# Kucinich Forces Vote On Bush's Impeachment



## Whistler31 (Feb 1, 2007)

Check this crap out.

http://www.washingtonpost.com/wp-dyn/co ... 03087.html


----------



## Plainsman (Jul 30, 2003)

Kucinich like many often think with their hearts not their minds. They see the world through rose colored glasses. What happened to these people with all the heart? The Bush win in Florida. Hate has replaced compassion in many liberal hearts. They have forgotten this is a political process and have started looking at the conservatives as enemy combatants rather than fellow Americans. Today's attitude is defeat at any cost. I sincerely believe that some think it is more important to defeat republicans than a secure American.

It would appear that like Kucinich many liberals are letting hate control their actions. I look at some of their comments and am reminded of an old Simon and Garfunkel song. I don't remember the title, but the words were something like "evil grows in the dark, it's found in cracks and holes, and lives in peoples minds". This year the liberals have nominated someone they think can win, not someone who would be best for America. It's winning that's important.

We can only hope that we don't continue down this path. Will we have the ability to pull together if a nuke goes off in America. We did after 9/11, but only for a very short while.

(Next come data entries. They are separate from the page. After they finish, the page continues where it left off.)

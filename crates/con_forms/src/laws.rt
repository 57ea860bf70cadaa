//! What is answered has its form, and a legal history is one of a report.

ghost use Rattle.con_forms.specs.Laws.{AllAreTold, AnswersHaveForms, AreSaid, EachIsTold, HistoriesFit};

/// Each event is answered by its form, and Paint by a picture.
pub fn an_answer_has_its_form()
    ensures { AnswersHaveForms }
{}

/// The lines of a legal history, up to a picture without a length, are those of a history of a report; and they are all of it where
/// there are as many lengths as pictures.
pub fn a_legal_history_is_told()
    ensures fits { HistoriesFit }
    ensures said { AreSaid }
    ensures all { AllAreTold }
    ensures each { EachIsTold }
{}
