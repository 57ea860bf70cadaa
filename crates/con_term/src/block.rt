//! Cells in a block of twice as many, so that they are lifted by going on in it.
ghost use Rattle.std.specs.Prelude.{IfOk, ◌≡◌, ◌+◌, ◌-◌, ◌<◌, ◌≤◌, ◌++◌, length, take, drop, map, replicate, slice_set, true};
ghost use Rattle.std.specs.List.{list_all};
ghost use Rattle.con_units.specs.Glyph.{cell_of};
ghost use Rattle.con_units.specs.Plain.{is_plain};
ghost use Rattle.con_term.specs.Page.{filled};
ghost use Rattle.con_term.specs.Run.{pasted};

use crate::sheet::Sheet;
use con_units::{Attr, Cell};
use std::alloc::{AllocError, Global};
use std::marker::Model;

/// So many cells, from a start in the block on. Contracts see them alone.
#[derive(Drop)]
pub struct Block {
    cells: Sheet,
    start: usize,
    count: usize,
}

impl Model for Block {
    ghost use Rattle.std.specs.Prelude.{List};
    ghost use Rattle.con_units.specs.Glyph.{Glyph};

    ghost Value = { List Glyph };

    ghost use Rattle.con_term.specs.BlockView.{shown_of, IsBlock};

    ghost view = { shown_of };

    ghost invariant = { IsBlock };
}

impl Block {
    /// As many of one cell; at most 131,072.
    pub fn new(alloc: Global, count: usize, cell: Cell) -> Result<Block, AllocError>
        requires { count ≤ 131072 }
        ensures { IfOk result (λ block. block ≡ replicate count cell) }
    {
        let cells = Sheet::new(alloc, count + count, cell)?;
        Ok(Block {
            cells,
            start: 0,
            count,
        })
    }

    /// Their allocator.
    pub fn allocator(&self) -> Global {
        self.cells.allocator()
    }

    /// How many there are.
    pub fn len(&self) -> usize
        ensures count { result ≡ length self.now }
        ensures few { result ≤ 131072 }
    {
        self.count
    }

    /// All of them.
    pub fn as_slice(&self) -> &[Cell]
        ensures { result.now ≡ self.now }
    {
        let from = self.start;
        &self.cells.as_slice()[from..from + self.count]
    }

    /// Writes one.
    pub fn set(&mut self, at: usize, cell: Cell)
        requires { at < length self.old }
        ensures { self.new ≡ slice_set self.old at cell }
    {
        let place = self.start + at;
        self.cells.set(place, cell);
    }

    /// Writes the cell from one place up to another.
    pub fn fill(&mut self, from: usize, upto: usize, cell: Cell)
        requires order { from ≤ upto }
        requires inside { upto ≤ length self.old }
        ensures len { length self.new ≡ length self.old }
        ensures cells { self.new ≡ filled self.old from upto cell }
    {
        let start = self.start;
        self.cells.fill(start + from, start + upto, cell);
    }

    /// Writes at most so many bytes of printable ASCII at the front from a place on, one a cell, and tells how many.
    pub fn write_run(&mut self, from: usize, bytes: &[u8], most: usize, attr: Attr) -> usize
        requires some { most ≤ length bytes.now }
        requires room { from + most ≤ length self.old }
        ensures few { result ≤ most }
        ensures plain { list_all is_plain (take result bytes.now) ≡ true }
        ensures len { length self.new ≡ length self.old }
        ensures cells { self.new ≡ pasted self.old from (map (λ u. cell_of u attr) (take result bytes.now)) }
    {
        let place = self.start + from;
        self.cells.write_run(place, bytes, most, attr)
    }

    /// Lifts them by a count of places, and fills the last ones. The others stay where they are in the block, but where
    /// its end is reached.
    pub fn lift(&mut self, by: usize, cell: Cell)
        requires { by ≤ length self.old }
        ensures { self.new ≡ drop by self.old ++ replicate by cell }
    {
        let start = self.start + by;
        let count = self.count;
        if start <= count {
            let end = self.start + count;
            self.cells.fill(end, start + count, cell);
            self.start = start;
        } else {
            self.cells.pull(start, count - by, cell);
            self.start = 0;
        }
    }
}
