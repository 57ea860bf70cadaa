//! The specified terminal: it plays bytes on a grid of cells, and tells what it shows.
//!
//! - [`Terminal`]: contracts see its page, the bytes that are no character yet and the units that are no item yet.
//!   [`Terminal::play`] and [`Terminal::play_all`] give what the definition gives for the whole bytes, however they are cut;
//!   [`Terminal::view`] and [`Terminal::page`] tell what it shows.
//! - `page`, `block`, `sheet`, `cells`, `ends`, `front`: its page, the block of its cells, the sheet behind it, changes of cells, line feeds and
//!   carriage returns in a row, and a character of several bytes.
//!
//! `new` and `resize` take memory, and nothing else does. A terminal never answers, and never writes.
#![tactic(auto)]

pub mod block;
pub mod cells;
pub mod ends;
pub mod front;
pub mod page;
pub mod sheet;
pub mod terminal;

pub use terminal::Terminal;
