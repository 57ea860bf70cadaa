//! Line feeds and carriage returns in a row.
ghost use Rattle.std.specs.Prelude.{◌≡◌, ◌≤◌, length, take, true, [], ◌∷◌};
ghost use Rattle.std.specs.List.{list_all};
ghost use Rattle.con_term.specs.Ends.{is_end as is_end_unit, feeds_in};

/// How many bytes at the front are line feeds and carriage returns, and how many of them are line feeds.
#[derive(Clone, Copy)]
pub struct Ends {
    pub count: usize,
    pub feeds: usize,
}

/// Whether the byte is a line feed or a carriage return.
pub fn is_end(byte: u8) -> bool
    ensures { result ≡ is_end_unit byte }
{
    byte == 10 || byte == 13
}

#[tactic(auto, unfolding(crate::specs::Ends::feeds_in))]
fn one_if_feed(byte: u8) -> usize
    ensures feeds { result ≡ feeds_in (byte ∷ []) }
    ensures few { result ≤ 1 }
{
    if byte == 10 { 1 } else { 0 }
}

/// Counts those at the front.
pub fn ends_at_front(bytes: &[u8]) -> Ends
    ensures few { result.count ≤ length bytes.now }
    ensures ends { list_all is_end_unit (take result.count bytes.now) ≡ true }
    ensures feeds { result.feeds ≡ feeds_in (take result.count bytes.now) }
{
    let mut count = 0;
    let mut feeds = 0;
    while count < bytes.len() {
        let byte = bytes[count];
        if !is_end(byte) {
            return Ends { count, feeds };
        }
        feeds += one_if_feed(byte);
        count += 1;
    }
    Ends { count, feeds }
}
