//! What types keep of a history, read value by value.

ghost use Rattle.std.specs.Prelude.{◌≡◌, ◌<◌};
ghost use Rattle.con_units.specs.Words.Attr.{masked};
ghost use Rattle.con_units.specs.Stored.{stored_unit};
ghost use Rattle.con_events.specs.Arg.{Clip, WordsOf};
ghost use Rattle.con_events.specs.Fits.{AreUnits, ArgFits, RecordFits, RectFits};
ghost use Rattle.con_events.specs.Words.Fits.{ArgsFit, IsSmall, RecordsFit};
ghost use Rattle.con_events.specs.Table.{wanted_spelled};
ghost use Rattle.con_events.specs.Words.Table.{args_of};
ghost use Rattle.con_lines.specs.Fits.{EventFits};
ghost use Rattle.con_lines.specs.Words.Fits.{AreBytes, AreTexts, AreWhole, IsWhole};
ghost use Rattle.con_lines.specs.Shown.{cell_words};
ghost use Rattle.con_forms.specs.Kept.{ActorKeeps, AreCells, EndKeeps, EndsKeep, EntriesKeep, EntryKeeps, Kept, RepliesKeep, ReplyKeeps};

use con_events::{
    Actor, Call, End, Entries, Entry, Event, PieceEnds, Replies, Reply, Wanted, Words,
};
use con_records::{Key, Mouse, Record};
use con_units::{Cell, Rect, Units};

// Units, and words.
fn units(coming: &[u16])
    ensures { AreUnits coming.now }
{
    let mut rest = coming;
    while let [one, later @ ..] = rest {
        unit(*one);
        rest = later;
    }
}

// A byte.
fn byte(n: u8)
    ensures { n < 256 }
{}

// Bytes.
fn bytes(coming: &[u8])
    ensures { AreBytes coming.now }
{
    let mut rest = coming;
    while let [one, later @ ..] = rest {
        byte(*one);
        rest = later;
    }
}

// A number of 64 bits.
fn whole(n: &i64)
    ensures { IsWhole n.now }
{
    // a number that is read tells its range
    let _n = *n;
}

// Numbers with a sign.
fn numbers(coming: &[i64])
    ensures { AreWhole coming.now }
{
    let mut rest = coming;
    while let [one, later @ ..] = rest {
        whole(one);
        rest = later;
    }
}

// Texts.
fn texts(coming: &[Units])
    ensures { AreTexts coming.now }
{
    let mut rest = coming;
    while let [one, later @ ..] = rest {
        units(one.as_slice());
        rest = later;
    }
}

// A length of the stream.
fn length(n: u64)
    ensures { n < 18446744073709551616 }
{}

// Lengths of the stream.
fn lengths(coming: &[u64])
    ensures { EndsKeep coming.now }
{
    let mut rest = coming;
    while let [one, later @ ..] = rest {
        length(*one);
        rest = later;
    }
}

// A key.
fn key(key: &Key)
    ensures { RecordFits (Record.Key key.now) }
{
    unit(key.repeat);
    unit(key.vk);
    unit(key.scan);
    unit(key.unit);
    number(key.state);
}

// What the mouse did.
fn mouse(mouse: &Mouse)
    ensures { RecordFits (Record.Mouse mouse.now) }
{
    signed(&mouse.x);
    signed(&mouse.y);
    number(mouse.buttons);
    number(mouse.state);
    number(mouse.flags);
}

// A record.
fn one_record(one: &Record)
    ensures { RecordFits one.now }
{
    match one {
        Record::Key(what) => key(what),
        Record::Mouse(what) => mouse(what),
        Record::Size(size) => {
            unit(size.w);
            unit(size.h);
        }
        Record::Menu(n) => number(*n),
        Record::Focus(_) => {}
    }
}

// Records.
fn records(coming: &[Record])
    ensures { RecordsFit coming.now }
{
    let mut rest = coming;
    while let [one, later @ ..] = rest {
        one_record(one);
        rest = later;
    }
}

// A coordinate.
fn signed(n: &i16)
    ensures { IsSmall n.now }
{
    // a number that is read tells its range
    let _n = *n;
}

// A number.
fn number(n: u32)
    ensures { n < 4294967296 }
{}

// A unit, or a word.
fn unit(n: u16)
    ensures { n < 65536 }
{}

// A rectangle.
fn rect(rect: &Rect)
    ensures { RectFits rect.now }
{
    signed(&rect.left);
    signed(&rect.top);
    signed(&rect.right);
    signed(&rect.bottom);
}

// A cell's unit is stored, and its word has no other bits than words have.
fn cell(cell: Cell)
    ensures unit { cell.unit < 65536 }
    ensures word { cell.attr.word < 65536 }
    ensures stored { stored_unit cell.unit ≡ cell.unit }
    ensures masked { masked cell.attr.word ≡ cell.attr.word }
{
    unit(cell.unit());
    unit(cell.attr().bits());
}

// Cells.
fn cells(coming: &[Cell])
    ensures units { AreUnits (cell_words coming.now) }
    ensures cells { AreCells coming.now }
{
    let mut rest = coming;
    while let [one, later @ ..] = rest {
        cell(*one);
        rest = later;
    }
}

// A handle, a column and a row.
fn place(handle: u32, x: &i16, y: &i16)
    ensures { (handle < 4294967296) × IsSmall x.now × IsSmall y.now }
{
    number(handle);
    signed(x);
    signed(y);
}

// What clips a scroll.
fn clip(clip: &Option<Rect>)
    ensures { ArgFits (Clip clip.now) }
{
    match clip {
        None => {}
        Some(one) => rect(one),
    }
}

// The words of a rectangle.
fn words(words: &Words)
    ensures { ArgFits (WordsOf words.now) }
{
    match words {
        Words::One(word) => unit(*word),
        Words::Each(list) => units(list.as_slice()),
    }
}

// The arguments of a call.
fn call(call: &Call)
    ensures { ArgsFit (args_of call.now) }
{
    match call {
        Call::Title
        | Call::HistoryInfo
        | Call::HistoryList
        | Call::HistoryClear
        | Call::Processes
        | Call::Ignore(_) => {}
        Call::BufferCreate(a)
        | Call::OpenOut(a)
        | Call::OpenIn(a)
        | Call::Close(a)
        | Call::Activate(a)
        | Call::Mode(a)
        | Call::Info(a)
        | Call::CursorInfo(a)
        | Call::Count(a)
        | Call::Flush(a)
        | Call::HandlerAdd(a)
        | Call::HandlerRemove(a) => number(*a),
        Call::Duplicate(a, b)
        | Call::SetMode(a, b)
        | Call::Peek(a, b)
        | Call::Signal(a, b)
        | Call::SetCursorInfo(a, b, _) => {
            number(*a);
            number(*b);
        }
        Call::SetSize(a, b, c) | Call::SetHistory(a, b, c) => {
            number(*a);
            number(*b);
            number(*c);
        }
        Call::SetCursor(a, b, c) | Call::SetOrigin(a, b, c) => place(*a, b, c),
        Call::SetAttr(a, b) => {
            number(*a);
            unit(*b);
        }
        Call::SetTitle(a) | Call::AliasList(a) => units(a.as_slice()),
        Call::Write(a, b) => {
            number(*a);
            units(b.as_slice());
        }
        Call::RectRead(a, b) => {
            number(*a);
            rect(b);
        }
        Call::RectWrite(a, b, c, d) => {
            number(*a);
            rect(b);
            units(c.as_slice());
            words(d);
        }
        Call::RunReadUnits(a, b, c, d) | Call::RunReadAttrs(a, b, c, d) => {
            place(*a, b, c);
            number(*d);
        }
        Call::RunWriteUnits(a, b, c, d) | Call::RunWriteAttrs(a, b, c, d) => {
            place(*a, b, c);
            units(d.as_slice());
        }
        Call::FillUnits(a, b, c, d, e) | Call::FillAttrs(a, b, c, d, e) => {
            place(*a, b, c);
            number(*d);
            unit(*e);
        }
        Call::Scroll(a, b, c, d, e, f, g) => scroll(*a, b, c, d, e, *f, *g),
        Call::WriteInput(a, b) => {
            number(*a);
            records(b.0.as_slice());
        }
        Call::AliasAdd(a, b, c) => {
            units(a.as_slice());
            units(b.as_slice());
            units(c.as_slice());
        }
        Call::AliasRemove(a, b) | Call::AliasGet(a, b) => {
            units(a.as_slice());
            units(b.as_slice());
        }
    }
}

// The arguments of a scroll.
fn scroll(handle: u32, source: &Rect, within: &Option<Rect>, x: &i16, y: &i16, fill: u16, word: u16)
    ensures { ArgsFit (args_of (Call.Scroll handle source.now within.now x.now y.now fill word)) }
{
    number(handle);
    rect(source);
    clip(within);
    signed(x);
    signed(y);
    unit(fill);
    unit(word);
}

// What a client waits for.
fn wanted(wanted: &Wanted)
    ensures { ArgsFit (wanted_spelled wanted.now).1 }
{
    match wanted {
        Wanted::Read { handle, n } | Wanted::ReadInput { handle, n } => {
            number(*handle);
            number(*n);
        }
        Wanted::ReadWith {
            handle,
            n,
            initial,
            mask,
        } => {
            number(*handle);
            number(*n);
            units(initial.as_slice());
            number(*mask);
        }
    }
}

fn event(event: &Event)
    ensures { EventFits event.now }
{
    match event {
        Event::Call(one) => call(one),
        Event::Begin(one) => wanted(one),
        Event::Exit(status) => number(*status),
        Event::Feed(list) => bytes(list.as_slice()),
        Event::Resize(size) => {
            unit(size.w);
            unit(size.h);
        }
        _ => {}
    }
}

fn actor(actor: Actor)
    ensures { ActorKeeps actor }
{
    match actor {
        Actor::Client(client) => byte(client),
        Actor::Terminal | Actor::Painter => {}
    }
}

fn last(end: End)
    ensures { EndKeeps end }
{
    match end {
        End::Bad { place, .. } => length(place),
        _ => {}
    }
}

fn entries(coming: &[Entry])
    ensures { EntriesKeep coming.now }
{
    let mut rest = coming;
    while let [one, later @ ..] = rest {
        actor(one.actor);
        event(&one.event);
        rest = later;
    }
}

fn reply(reply: &Reply)
    ensures { ReplyKeeps reply.now }
{
    match reply {
        Reply::Number(n) => number(*n),
        Reply::Numbers(list) => numbers(list.0.as_slice()),
        Reply::Units(list) => units(list.as_slice()),
        Reply::Records(list) => records(list.0.as_slice()),
        Reply::Cells(part, list) => {
            rect(part);
            cells(list.as_slice());
        }
        Reply::Lines(list) => texts(list.0.as_slice()),
        Reply::Ctrl(n) => number(*n),
        _ => {}
    }
}

fn replies(coming: &[Reply])
    ensures { RepliesKeep coming.now }
{
    let mut rest = coming;
    while let [one, later @ ..] = rest {
        reply(one);
        rest = later;
    }
}

/// Reads a history, its answers, its lengths and its end, and tells what their types keep of them.
pub fn types_are_kept(history: &Entries, answers: &Replies, ends: &PieceEnds, end: End)
    ensures { Kept history.now answers.now ends.now end }
{
    entries(history.0.as_slice());
    replies(answers.0.as_slice());
    lengths(ends.0.as_slice());
    last(end);
}
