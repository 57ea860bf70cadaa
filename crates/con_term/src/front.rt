//! A character at the front of bytes that are no ASCII, and its units.
ghost use Rattle.std.specs.Prelude.{IfSome, ◌≡◌, ◌+◌, ◌-◌, ◌/◌, ◌%◌, ◌≤◌, ◌<◌, [], ◌∷◌};
ghost use Rattle.std.specs.Int.{is_in_range};
ghost use Rattle.con_units.specs.Utf8.{may_follow};
ghost use Rattle.con_term.specs.Front.{IsFront};
ghost use Rattle.con_term.specs.Play.{units_of};

/// How many bytes the character has, and which it is.
#[derive(Clone, Copy)]
pub struct Front {
    pub count: usize,
    pub code: u32,
}

fn follows(a: u8, b: u8) -> bool
    ensures { result ≡ may_follow a b }
{
    let low = if a == 0xE0 {
        0xA0
    } else if a == 0xF0 {
        0x90
    } else {
        0x80
    };
    let high = if a == 0xED {
        0x9F
    } else if a == 0xF4 {
        0x8F
    } else {
        0xBF
    };
    low <= b && b <= high
}

fn is_within(low: u8, high: u8, byte: u8) -> bool
    ensures { result ≡ is_in_range low high byte }
{
    low <= byte && byte <= high
}

// A byte that no character begins with, which counts as U+FFFD.
fn one(bytes: &[u8]) -> Option<Front>
    ensures { IfSome result (IsFront bytes.now) }
{
    if bytes.len() < 1 {
        return None;
    }
    let a = bytes[0];
    if a < 0x80 {
        return None;
    }
    if is_within(0xC2, 0xF4, a) {
        return None;
    }
    Some(Front {
        count: 1,
        code: 0xFFFD,
    })
}

fn two(bytes: &[u8]) -> Option<Front>
    ensures { IfSome result (IsFront bytes.now) }
{
    if bytes.len() < 2 {
        return None;
    }
    let a = bytes[0];
    let b = bytes[1];
    if !is_within(0xC2, 0xDF, a) {
        return None;
    }
    if !is_within(0x80, 0xBF, b) {
        return None;
    }
    Some(Front {
        count: 2,
        code: (a as u32 - 0xC0) * 64 + (b as u32 - 0x80),
    })
}

fn three(bytes: &[u8]) -> Option<Front>
    ensures { IfSome result (IsFront bytes.now) }
{
    if bytes.len() < 3 {
        return None;
    }
    let a = bytes[0];
    let b = bytes[1];
    let c = bytes[2];
    if !is_within(0xE0, 0xEF, a) {
        return None;
    }
    if !follows(a, b) {
        return None;
    }
    if !is_within(0x80, 0xBF, c) {
        return None;
    }
    Some(Front {
        count: 3,
        code: (a as u32 - 0xE0) * 4096 + (b as u32 - 0x80) * 64 + (c as u32 - 0x80),
    })
}

fn four(bytes: &[u8]) -> Option<Front>
    ensures { IfSome result (IsFront bytes.now) }
{
    if bytes.len() < 4 {
        return None;
    }
    let a = bytes[0];
    let b = bytes[1];
    let c = bytes[2];
    let d = bytes[3];
    if !is_within(0xF0, 0xF4, a) {
        return None;
    }
    if !follows(a, b) {
        return None;
    }
    if !is_within(0x80, 0xBF, c) {
        return None;
    }
    if !is_within(0x80, 0xBF, d) {
        return None;
    }
    Some(Front {
        count: 4,
        code: (a as u32 - 0xF0) * 262144
            + (b as u32 - 0x80) * 4096
            + (c as u32 - 0x80) * 64
            + (d as u32 - 0x80),
    })
}

/// The character at the front, where all its bytes are there: of two to four bytes, or U+FFFD for a byte that no character begins with.
pub fn front_character(bytes: &[u8]) -> Option<Front>
    ensures { IfSome result (IsFront bytes.now) }
{
    let Some(first) = bytes.first() else {
        return None;
    };
    match *first {
        0xC2..=0xDF => two(bytes),
        0xE0..=0xEF => three(bytes),
        0xF0..=0xF4 => four(bytes),
        _ => one(bytes),
    }
}

/// The high and the low unit of a character above U+FFFF.
#[tactic(auto, unfolding(crate::specs::Play::units_of))]
pub fn surrogates(code: u32) -> (u16, u16)
    requires { (0x10000 ≤ code) × (code < 0x140000) }
    ensures high { result.0 ≡ 0xD800 + (code - 0x10000) / 0x400 }
    ensures low { result.1 ≡ 0xDC00 + (code - 0x10000) % 0x400 }
    ensures units { result.0 ∷ result.1 ∷ [] ≡ units_of code }
{
    let above = code - 0x10000;
    (
        (0xD800 + above / 0x400) as u16,
        (0xDC00 + above % 0x400) as u16,
    )
}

The democrats were all with us, but was that simply because all of the people were with us?

Kucinich has left the reason reservation., and is bent on revenge at any cost.


----------



## Whistler31 (Feb 1, 2007)

Well put as always PM :beer: If you really want to know how the libs feel just listen to Air America Radio sometime if you can stand it. I have even heard them espouse revolution. I thought that was an act of treason but they get away doing it all the time.


----------



## cbas (Apr 3, 2007)

If the People vote to impeach then they vote to impeach.

Such is the way of the Republic. :koolaid:


----------



## Skip OK (Jul 16, 2006)

cbas

The "people" have never, will never and can never vote to impeach. Impeachment is the sole poragative of the Congress of the United States, with the House or Representative charged with calling for impeachment and the the case being tried by the Senate.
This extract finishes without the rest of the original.